* Required work
Search the entries below for the string "Sound" and copy the lines that hold it.

* Provided data
....................

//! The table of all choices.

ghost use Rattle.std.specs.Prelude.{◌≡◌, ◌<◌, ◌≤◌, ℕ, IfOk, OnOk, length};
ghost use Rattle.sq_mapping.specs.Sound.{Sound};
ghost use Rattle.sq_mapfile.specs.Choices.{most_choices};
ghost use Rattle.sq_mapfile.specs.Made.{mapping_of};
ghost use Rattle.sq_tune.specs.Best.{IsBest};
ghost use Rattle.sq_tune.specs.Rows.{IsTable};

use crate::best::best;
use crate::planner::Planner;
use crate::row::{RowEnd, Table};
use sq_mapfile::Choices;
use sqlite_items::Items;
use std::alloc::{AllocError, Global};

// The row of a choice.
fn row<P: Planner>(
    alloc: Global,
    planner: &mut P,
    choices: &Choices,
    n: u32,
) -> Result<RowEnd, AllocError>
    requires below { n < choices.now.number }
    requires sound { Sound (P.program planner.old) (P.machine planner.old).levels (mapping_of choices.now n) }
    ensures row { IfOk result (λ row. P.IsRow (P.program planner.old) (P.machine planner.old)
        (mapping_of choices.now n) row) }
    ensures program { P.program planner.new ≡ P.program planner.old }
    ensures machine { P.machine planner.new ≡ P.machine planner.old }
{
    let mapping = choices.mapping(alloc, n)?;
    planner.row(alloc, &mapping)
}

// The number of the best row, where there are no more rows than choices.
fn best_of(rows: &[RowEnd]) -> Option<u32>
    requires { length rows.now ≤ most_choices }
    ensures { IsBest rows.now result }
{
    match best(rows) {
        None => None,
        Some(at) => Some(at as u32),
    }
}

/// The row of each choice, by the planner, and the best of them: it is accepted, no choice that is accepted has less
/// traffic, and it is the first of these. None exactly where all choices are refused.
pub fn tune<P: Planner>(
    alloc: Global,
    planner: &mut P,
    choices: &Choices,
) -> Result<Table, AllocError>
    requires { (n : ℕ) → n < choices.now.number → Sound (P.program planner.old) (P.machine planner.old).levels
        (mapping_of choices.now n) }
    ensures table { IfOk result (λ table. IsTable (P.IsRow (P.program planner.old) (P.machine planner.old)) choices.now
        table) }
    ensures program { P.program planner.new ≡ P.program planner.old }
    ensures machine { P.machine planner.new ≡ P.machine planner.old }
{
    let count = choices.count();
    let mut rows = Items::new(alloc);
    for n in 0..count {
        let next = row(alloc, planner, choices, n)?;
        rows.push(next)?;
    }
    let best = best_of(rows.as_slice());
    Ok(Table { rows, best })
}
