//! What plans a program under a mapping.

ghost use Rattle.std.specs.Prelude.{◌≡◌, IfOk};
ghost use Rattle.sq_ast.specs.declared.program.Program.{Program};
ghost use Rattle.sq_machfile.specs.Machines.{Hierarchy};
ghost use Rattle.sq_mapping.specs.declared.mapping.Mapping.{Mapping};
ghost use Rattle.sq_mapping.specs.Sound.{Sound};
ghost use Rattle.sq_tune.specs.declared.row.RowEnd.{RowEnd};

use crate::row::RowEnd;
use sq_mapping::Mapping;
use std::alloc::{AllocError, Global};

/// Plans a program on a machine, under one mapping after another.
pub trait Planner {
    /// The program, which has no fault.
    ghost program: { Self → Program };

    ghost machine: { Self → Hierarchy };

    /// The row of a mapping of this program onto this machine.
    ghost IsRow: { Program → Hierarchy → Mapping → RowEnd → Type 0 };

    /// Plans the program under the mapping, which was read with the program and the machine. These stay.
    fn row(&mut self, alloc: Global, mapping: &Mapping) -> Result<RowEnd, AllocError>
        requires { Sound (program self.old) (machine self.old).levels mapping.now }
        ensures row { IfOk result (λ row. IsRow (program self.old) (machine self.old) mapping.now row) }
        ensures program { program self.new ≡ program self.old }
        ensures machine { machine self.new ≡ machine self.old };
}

....................

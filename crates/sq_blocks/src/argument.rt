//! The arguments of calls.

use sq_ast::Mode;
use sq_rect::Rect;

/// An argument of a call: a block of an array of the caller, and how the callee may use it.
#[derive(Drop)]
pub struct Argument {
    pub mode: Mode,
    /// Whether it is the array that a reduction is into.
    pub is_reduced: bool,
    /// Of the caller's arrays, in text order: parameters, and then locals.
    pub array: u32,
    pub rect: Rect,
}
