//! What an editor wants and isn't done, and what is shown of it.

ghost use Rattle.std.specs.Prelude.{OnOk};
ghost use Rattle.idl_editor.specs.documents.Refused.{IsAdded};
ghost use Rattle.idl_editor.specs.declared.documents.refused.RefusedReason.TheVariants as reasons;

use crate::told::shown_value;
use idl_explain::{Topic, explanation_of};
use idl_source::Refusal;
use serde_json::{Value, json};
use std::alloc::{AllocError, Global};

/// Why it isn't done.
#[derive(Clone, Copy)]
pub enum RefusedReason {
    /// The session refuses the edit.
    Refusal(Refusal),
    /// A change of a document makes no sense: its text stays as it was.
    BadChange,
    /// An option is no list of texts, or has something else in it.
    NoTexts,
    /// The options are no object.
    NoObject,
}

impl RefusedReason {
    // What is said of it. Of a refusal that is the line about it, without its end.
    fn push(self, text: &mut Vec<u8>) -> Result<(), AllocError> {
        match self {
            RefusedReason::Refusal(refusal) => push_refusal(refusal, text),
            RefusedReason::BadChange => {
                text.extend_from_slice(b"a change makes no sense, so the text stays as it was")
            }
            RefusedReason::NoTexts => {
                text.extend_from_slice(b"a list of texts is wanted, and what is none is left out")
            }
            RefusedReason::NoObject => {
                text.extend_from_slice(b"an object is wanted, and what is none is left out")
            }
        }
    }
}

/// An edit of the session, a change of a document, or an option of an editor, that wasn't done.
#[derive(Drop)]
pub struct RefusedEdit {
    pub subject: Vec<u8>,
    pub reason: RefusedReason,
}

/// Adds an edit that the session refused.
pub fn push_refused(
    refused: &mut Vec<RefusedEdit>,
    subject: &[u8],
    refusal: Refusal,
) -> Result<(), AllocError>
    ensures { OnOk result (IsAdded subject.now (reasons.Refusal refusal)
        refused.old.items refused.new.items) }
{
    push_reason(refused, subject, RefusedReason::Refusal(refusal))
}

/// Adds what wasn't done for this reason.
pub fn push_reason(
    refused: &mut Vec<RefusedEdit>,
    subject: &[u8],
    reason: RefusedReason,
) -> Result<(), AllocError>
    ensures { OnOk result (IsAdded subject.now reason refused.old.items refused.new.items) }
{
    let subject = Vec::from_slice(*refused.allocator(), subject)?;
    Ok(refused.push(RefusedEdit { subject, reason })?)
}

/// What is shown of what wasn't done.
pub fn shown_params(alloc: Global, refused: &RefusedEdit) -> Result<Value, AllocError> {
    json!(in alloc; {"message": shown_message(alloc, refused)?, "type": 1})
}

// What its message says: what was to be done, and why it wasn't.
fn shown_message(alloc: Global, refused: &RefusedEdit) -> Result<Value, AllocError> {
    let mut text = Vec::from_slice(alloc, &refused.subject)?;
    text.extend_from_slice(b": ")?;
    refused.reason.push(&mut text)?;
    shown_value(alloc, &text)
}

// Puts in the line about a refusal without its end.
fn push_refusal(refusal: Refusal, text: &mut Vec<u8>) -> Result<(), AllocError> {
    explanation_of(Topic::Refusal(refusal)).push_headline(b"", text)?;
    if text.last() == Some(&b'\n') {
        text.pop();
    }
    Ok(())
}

....................

* Final answer
ghost use Rattle.sq_mapping.specs.Sound.{Sound};
    requires sound { Sound (P.program planner.old) (P.machine planner.old).levels (mapping_of choices.now n) }
    requires { (n : ℕ) → n < choices.now.number → Sound (P.program planner.old) (P.machine planner.old).levels
ghost use Rattle.sq_mapping.specs.Sound.{Sound};
        requires { Sound (program self.old) (machine self.old).levels mapping.now }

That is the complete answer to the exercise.